Koan Commentaries
One night master Yakusan Igen of Reishu had no light. He preached his disciples: I have something to say. When an excellent ox is about to bear a calf, then I will say it to you.
At this a monk walked forward and said: An excellent ox has borne a calf, so Master, why don’t you speak?
The Master said: Bring me a light.
The monk returned to the group of disciples.
Commentary by Nishijima
Master Dogen called the order of Master Yakusan Igen a “Dai Sorin” (great Buddhist temple), although the member of the order numbered no more than ten, and apparently there was sometimes not even enough money to buy oil for the lamps.
Master Yakusan Igen was a buddha. He lived in reality, and he wished to communicate the simple nature of reality of his disciples. He said that he would not tell them what he had to say until “an excellent ox is about to bear a calf.” The ox was frequently used as a symbol of Buddhist practitioners. The birth of a calf symbolises a person who has grasped the truth. So the Master was saying that he would wait until the one of the monks could grasp the truth before he spoke.
The monk stepped forward said that the calf had already been born, or in other words that the monk had already grasped the truth, and he asked the Master to say what he wanted to say.

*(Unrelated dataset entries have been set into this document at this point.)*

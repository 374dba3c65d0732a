// The top call: one command line, from its words to its exit status.
ghost use Rattle.std.specs.Prelude.{ℕ, List};
ghost use Rattle.mesh_cli_words.specs.Lines.{IsLine};
ghost use Rattle.mesh_cli.specs.cli.Fit.{IsFit};
ghost use Rattle.mesh_cli.specs.cli.Scripts.{BatchEnds, LineAnswers, WordsEnd};
ghost use Rattle.mesh_cli.specs.cli.Sides.{here, place_or, sides};
ghost use Rattle.mesh_cli.specs.promise.Promise.{CallPromise};
ghost use Rattle.mesh_cli_print.specs.printed.Printing.{sinks};

use crate::cli::batches::{batch, is_batch, of_usage};
use crate::cli::command::line_answer;
use crate::cli::script::script_of;
use mesh_base_values::Str;
use mesh_cli_print::printed::{Refusal, printed};
use mesh_cli_words::{Line, read_words};
use mesh_house::Warehouse;
use mesh_io::{Clock, Folder, Sink, Source};
use mesh_list::{Duplicate, Memory};
use mesh_spec_promise::the_empty_world_is_sound;
use std::alloc::Global;
use std::thread::Threads;

fn asked<R: Threads + Sync, W: Warehouse, F: Folder, C: Clock>(
    rt: &R,
    alloc: Global,
    line: &Line,
    folder: &mut F,
    house: &mut W,
    clock: &mut C,
) -> Result<Str, Refusal>
    requires { IsFit line.now.command }
    ensures { LineAnswers here line.now (sides (F.told folder.old) (C.told clock.old) (W.told house.old)) (sides (F.told folder.new) (C.told clock.new) (W.told house.new)) result }
{
    match u8::copy_items(alloc, b".") {
        Err(Memory) => Err(Refusal::Memory),
        Ok(dir) => line_answer(rt, alloc, &dir, line, folder, house, clock),
    }
}

fn scripted<R: Threads + Sync, W: Warehouse, F: Folder, C: Clock, S: Source, O: Sink, E: Sink>(
    rt: &R,
    alloc: Global,
    top: &Line,
    folder: &mut F,
    house: &mut W,
    clock: &mut C,
    input: &mut S,
    out: &mut O,
    err: &mut E,
) -> u8
    ensures { BatchEnds (place_or top.now.paths here) (S.told input.old) (S.told input.new) (sides (F.told folder.old) (C.told clock.old) (W.told house.old)) (sides (F.told folder.new) (C.told clock.new) (W.told house.new))
        (sinks (O.told out.old) (E.told err.old)) (sinks (O.told out.new) (E.told err.new)) result }
{
    match script_of(alloc, input) {
        Err(refusal) => printed(alloc, Err(refusal), out, err),
        Ok(script) => batch(
            rt,
            alloc,
            script.as_slice(),
            top,
            folder,
            house,
            clock,
            out,
            err,
        ),
    }
}

fn done<R: Threads + Sync, W: Warehouse, F: Folder, C: Clock, S: Source, O: Sink, E: Sink>(
    rt: &R,
    alloc: Global,
    line: &Line,
    folder: &mut F,
    house: &mut W,
    clock: &mut C,
    input: &mut S,
    out: &mut O,
    err: &mut E,
) -> u8
    requires fit { IsFit line.now.command }
    ensures { (words : List (List ℕ)) → IsLine words line.now → WordsEnd words (S.told input.old) (S.told input.new) (sides (F.told folder.old) (C.told clock.old) (W.told house.old)) (sides (F.told folder.new) (C.told clock.new) (W.told house.new))
        (sinks (O.told out.old) (E.told err.old)) (sinks (O.told out.new) (E.told err.new)) result }
{
    if is_batch(&line.command) {
        scripted(rt, alloc, line, folder, house, clock, input, out, err)
    } else {
        let answer = asked(rt, alloc, line, folder, house, clock);
        printed(alloc, answer, out, err)
    }
}

/// Runs one command line: its words are those behind the program's own name. The answer is the exit status: 0 where
/// the command was done; 1 for a fault of the project, or of the words' own query, names and files; 2 for words that
/// are no command line; 3 where the warehouse failed, 4 for want of memory, 5 where the folder, the clock or the
/// input failed, 6 where `out` or `err` did; and 7 for what the warehouse's state doesn't allow.
pub fn mesh<R: Threads + Sync, W: Warehouse, F: Folder, C: Clock, S: Source, O: Sink, E: Sink>(
    rt: &R,
    alloc: Global,
    words: &[Str],
    folder: &mut F,
    house: &mut W,
    clock: &mut C,
    input: &mut S,
    out: &mut O,
    err: &mut E,
) -> u8
    ensures ends { WordsEnd words.now (S.told input.old) (S.told input.new) (sides (F.told folder.old) (C.told clock.old) (W.told house.old)) (sides (F.told folder.new) (C.told clock.new) (W.told house.new))
        (sinks (O.told out.old) (E.told err.old)) (sinks (O.told out.new) (E.told err.new)) result }
    ensures promise { CallPromise words.now (S.told input.old) (S.told input.new) (sides (F.told folder.old) (C.told clock.old) (W.told house.old)) (sides (F.told folder.new) (C.told clock.new) (W.told house.new))
        (sinks (O.told out.old) (E.told err.old)) (sinks (O.told out.new) (E.told err.new)) result }
{
    the_empty_world_is_sound();
    match read_words(alloc, words) {
        Err(fault) => printed(alloc, Err(of_usage(fault)), out, err),
        Ok(line) => done(rt, alloc, &line, folder, house, clock, input, out, err),
    }
}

The Master’s reply, “Fetch me a light,” is a natural enough thing to say in a dark room, except for the fact that there were no light to be had in a whole temple. In asking them impossible, the Master was pointing out the fact; there was no light.
The truth of the situation was simple and obvious; it didn’t really need expressing. The truth is not something mystical or abstract; it is the real situation, just in this place, just at the moment.
In the darkness of the old temple the monk took his place among his fellow disciples. He had grasped the truth in his Master’s wordless teaching.
Commentary by John Fraser
In the literal sense, Yakusan is puncturing the religiosity of the exchange by pointing out a concrete fact : the absence of light.
But also, he is recalling Buddha’s admonition to his disciples “be your own light”; he has to be his own light, and his own darkness, because there is no light which the monk can bring to him.
And additionally, there are similarities with the exchange between Ungan and Dogo [Book 2, Case 5] : the darkness suggests non discrimination, and so the suggestion is that ‘light’ [duality, discrimination] occurs within the wider embracing ‘darkness’ of non discrimination.
And with regard to the excellent ox ; does the teacher give birth to the student, or does the student give birth to the teacher, or both, or neither, or something else?